Fig. 7.

Characterization of nanoparticles. (A) Structure of DADLE-LipoMSN-DADLE. (B) Physical properties of nanoparticles. n = 4 experiments. (C) Transmission electron micrographs of DADLE-LipoMSN and DADLE-LipoMSN-DADLE. Representative images, n = 3 independent experiments. (D and E) Time course of in vitro release of DADLE-Alexa647 from MSN-DADLE-Alexa647 at graded pH (D) and glutathione concentrations (E). n = 3 independent experiments. *P < 0.05, **P < 0.01, t test with Holm–Sidak correction. (F and G) Uptake of DADLE-LipoMSN-DADLE-Alexa647 into HEK293 control and HEK-DOPr cells determined by flow cytometry. (F) Uptake into HEK293 control and HEK-DOPr cells after 2 h. ***P < 0.001, t test with Holm–Sidak correction. (G) Effects of inhibitors of clathrin and dynamin and inactive analogs on uptake into HEK-DOPr cells after 2 h. n = 3 independent experiments. *P < 0.05, **P < 0.01, ***P < 0.001 compared with untreated cells, one-way ANOVA with Tukey’s post hoc test. (H) Uptake of DADLE-LipoMSN-DADLE-Alexa647 into HEK-HA-DOPr cells after 30 min.
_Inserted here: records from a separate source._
/// `extends` among the heads.
fn base_head(
    alloc: Global,
    tokens: &[Token],
    at: usize,
    sofar: FoundHeads,
) -> Result<(FoundHeads, usize), SolveError>
    requires within { at < length tokens.now }
    requires ended { IsEnded tokens.now }
    requires flags { HasFlags sofar }
    requires begins { mark_at tokens.now at ≡ Some Mark.Extends }
    ensures reads { Answers (λ found. Read (On (heads_of found.0)) found.1) result (spec.head_by tokens.now anywhere (heads_of sofar) (token.place_at tokens.now at) true (Some Mark.Extends) at) }
    ensures flags { IfOk result (λ found. HasFlags found.0) }
    ensures within { IfOk result (λ found. found.1 < length tokens.now) }
    ensures after { IfOk result (λ found. at < found.1) }
{
    if refuses_base(&sofar) {
        return Err(refuse(tokens, at, Sought::Other));
    }
    let (tree, next) = extends(alloc, tokens, at)?;
    let more = with_head(alloc, sofar, tree)?;
    Ok((more, next))
}

/// Whether a head begins there.
fn begins_head(tokens: &[Token], at: usize) -> bool
    requires { at < length tokens.now }
    ensures yes { result ≡ true → mark_at tokens.now at ≢ Some Mark.At → mark_at tokens.now at ≢ Some Mark.ClassName → mark_at tokens.now at ≡ Some Mark.Extends }
    ensures no_annotation { result ≡ false → mark_at tokens.now at ≢ Some Mark.At }
    ensures no_name { result ≡ false → mark_at tokens.now at ≢ Some Mark.ClassName }
    ensures no_base { result ≡ false → mark_at tokens.now at ≢ Some Mark.Extends }
{
    sees(tokens, at, Mark::At)
        || sees(tokens, at, Mark::ClassName)
        || sees(tokens, at, Mark::Extends)
}

/// A head, or an annotation that may be one.
fn one_head(
    alloc: Global,
    tokens: &[Token],
    at: usize,
    header_end: Place,
    sofar: FoundHeads,
) -> Result<(FoundHeads, usize), SolveError>
    requires within { at < length tokens.now }
    requires ended { IsEnded tokens.now }
    requires flags { HasFlags sofar }
    requires begins { mark_at tokens.now at ≢ Some Mark.At → mark_at tokens.now at ≢ Some Mark.ClassName → mark_at tokens.now at ≡ Some Mark.Extends }
    ensures reads { Answers (λ found. Read (On (heads_of found.0)) found.1) result (head tokens.now header_end (heads_of sofar) at) }
    ensures flags { IfOk result (λ found. HasFlags found.0) }
    ensures within { IfOk result (λ found. found.1 < length tokens.now) }
    ensures after { IfOk result (λ found. at < found.1) }
{
    if sees(tokens, at, Mark::At) {
        return annotation_head(alloc, tokens, at, sofar);
    }
    if sees(tokens, at, Mark::ClassName) {
        return name_head(alloc, tokens, at, header_end, sofar);
    }
    base_head(alloc, tokens, at, sofar)
}

/// The heads of a file, and the annotations behind them.
fn all_heads(
    alloc: Global,
    tokens: &[Token],
    header_end: Place,
) -> Result<(FoundHeads, usize), SolveError>
    requires ended { IsEnded tokens.now }
    ensures reads { Answers (λ found. Read (heads_of found.0) found.1) result (Loop (head tokens.now header_end) ([], []) 0) }
    ensures flags { IfOk result (λ found. HasFlags found.0) }
    ensures within { IfOk result (λ found. found.1 < length tokens.now) }
{
    let mut sofar = FoundHeads {
        heads: Items::new(alloc),
        behind: Vec::new(alloc),
        behind_field: false,
        behind_head: false,
    };
    let mut at = 0;
    'heads: while begins_head(tokens, at) {
        let (more, next) = one_head(alloc, tokens, at, header_end, sofar)?;
        sofar = more;
        at = next;
    }
    Ok((sofar, at))
}

/// Whether a variable or a function begins there.
fn is_annotated(tokens: &[Token], at: usize) -> bool
    requires { at < length tokens.now }
    ensures { result ≡ spec.is_annotated (mark_at tokens.now at) }
{
    matches!(
        mark_at(tokens, at),
        Some(Mark::Var | Mark::Static | Mark::Func)
    )
}

/// The member that the annotations belong to, if there are any. Those of a file stand before none.
fn first_member(
    alloc: Global,
    tokens: &[Token],
    at: usize,
    behind: Items<Annotation>,
    behind_head: bool,
) -> Result<(Items<Member>, usize), SolveError>
    requires within { at < length tokens.now }
    requires ended { IsEnded tokens.now }
    requires flags { behind_head ≡ list_any spec.is_head_annotation behind }
    ensures reads { Answers (λ found. Read found.0 found.1) result (spec.first_member tokens.now anywhere behind at) }
    ensures within { IfOk result (λ found. found.1 < length tokens.now) }
{
    let mut members = Items::new(alloc);
    let place = match behind.get(0) {
        Some(first) => first.place,
        None => return Ok((members, at)),
    };
    if behind_head {
        return Err(refuse(tokens, at, Sought::Other));
    }
    let (tree, next) = annotated(alloc, tokens, at, place, behind)?;
    members.push(tree)?;
    Ok((members, next))
}

/// Past the end of the file, which is due.
fn file_end(tokens: &[Token], at: usize) -> Result<usize, SolveError>
    requires within { at < length tokens.now }
    requires ended { IsEnded tokens.now }
    ensures reads { Answers (λ next. Read tt next) result (token.Due tokens.now Sought.Other Mark.End at) }
{
    if sees(tokens, at, Mark::End) {
        Ok(at + 1)
    } else {
        Err(refuse(tokens, at, Sought::Other))
    }
}

/// The members behind the heads, and the end of the file.
fn rest(
    alloc: Global,
    tokens: &[Token],
    at: usize,
    heads: Items<Head>,
    first: Items<Member>,
) -> Result<(Script, usize), SolveError>
    requires within { at < length tokens.now }
    requires ended { IsEnded tokens.now }
    ensures reads { Answers (λ found. Read found.0 found.1) result (spec.rest tokens.now anywhere (token.place_at tokens.now 0) heads first at) }
{
    let place = place_at(tokens, 0);
    let FoundMembers {
        members,
        at: end,
        ..
    } = member_list(alloc, tokens, at, MAX_OPEN_CLASSES, first, 1)?;
    let past = file_end(tokens, end)?;
    Ok((
        Script {
            place,
            heads,
            members,
        },
        past,
    ))
}

/// The file behind its heads, where a variable or a function comes next.
fn with_first_member(
    alloc: Global,
    tokens: &[Token],
    at: usize,
    sofar: FoundHeads,
) -> Result<(Script, usize), SolveError>
    requires within { at < length tokens.now }
    requires ended { IsEnded tokens.now }
    requires flags { HasFlags sofar }
    ensures reads { Answers (λ found. Read found.0 found.1) result (spec.file_by tokens.now anywhere (token.place_at tokens.now 0) (heads_of sofar) true at) }
{
    let FoundHeads {
        heads,
        behind,
        behind_head,
        ..
    } = sofar;
    let before = Items::from_vec(behind);
    let (first, next) = first_member(alloc, tokens, at, before, behind_head)?;
    rest(alloc, tokens, next, heads, first)
}

/// The file behind its heads, where something else comes next.
fn without_first_member(
    alloc: Global,
    tokens: &[Token],
    at: usize,
    sofar: FoundHeads,
) -> Result<(Script, usize), SolveError>
    requires within { at < length tokens.now }
    requires ended { IsEnded tokens.now }
    requires flags { HasFlags sofar }
    ensures reads { Answers (λ found. Read found.0 found.1) result (spec.file_by tokens.now anywhere (token.place_at tokens.now 0) (heads_of sofar) false at) }
{
    let FoundHeads {
        heads,
        behind,
        behind_field,
        ..
    } = sofar;
    if behind_field {
        return Err(refuse(tokens, at, Sought::Other));
    }
    let all = with_annotations(heads, behind)?;
    rest(alloc, tokens, at, all, Items::new(alloc))
}

/// A file, and the place past its end.
fn file(alloc: Global, tokens: &[Token], header_end: Place) -> Result<(Script, usize), SolveError>
    requires ended { IsEnded tokens.now }
    ensures reads { Answers (λ found. Read found.0 found.1) result (spec.script tokens.now header_end 0) }
{
    let (sofar, at) = all_heads(alloc, tokens, header_end)?;
    if is_annotated(tokens, at) {
        with_first_member(alloc, tokens, at, sofar)
    } else {
        without_first_member(alloc, tokens, at, sofar)
    }
}

/// The tree of a file. `header_end` is the place just past the lines of its header: a `class_name` before it gives the
/// file its name, and one behind it is refused.
pub fn parse(alloc: Global, tokens: &[Token], header_end: Place) -> Result<Script, SolveError>
    requires ended { IsEnded tokens.now }

    // What is answered is the outcome of the reading, unless memory runs out, and so is a refusal.
    ensures reads { IsParsed tokens.now header_end result }
    // Nothing else is.
    ensures only { (o : Outcome Script) → spec.script tokens.now header_end 0 o → GivesTree result o }
{
    let (tree, _) = file(alloc, tokens, header_end)?;
    Ok(tree)
}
Arrows show colocalization of DADLE-LipoMSN-DADLE-Alexa647 with DOPr in Rab5a-positive early endosomes. Representative images from four independent experiments. (I–K) Effects of DADLE (100 nM), DADLE-LipoMSN (20 µM), and DADLE-LipoMSN-DADLE (20 µM) on forskolin (FSK; 10 µM)-stimulated cAMP formation (I), βARR1 recruitment (J), and activation of nuclear ERK (K). n = 5 independent experiments. All results are mean ± SEM.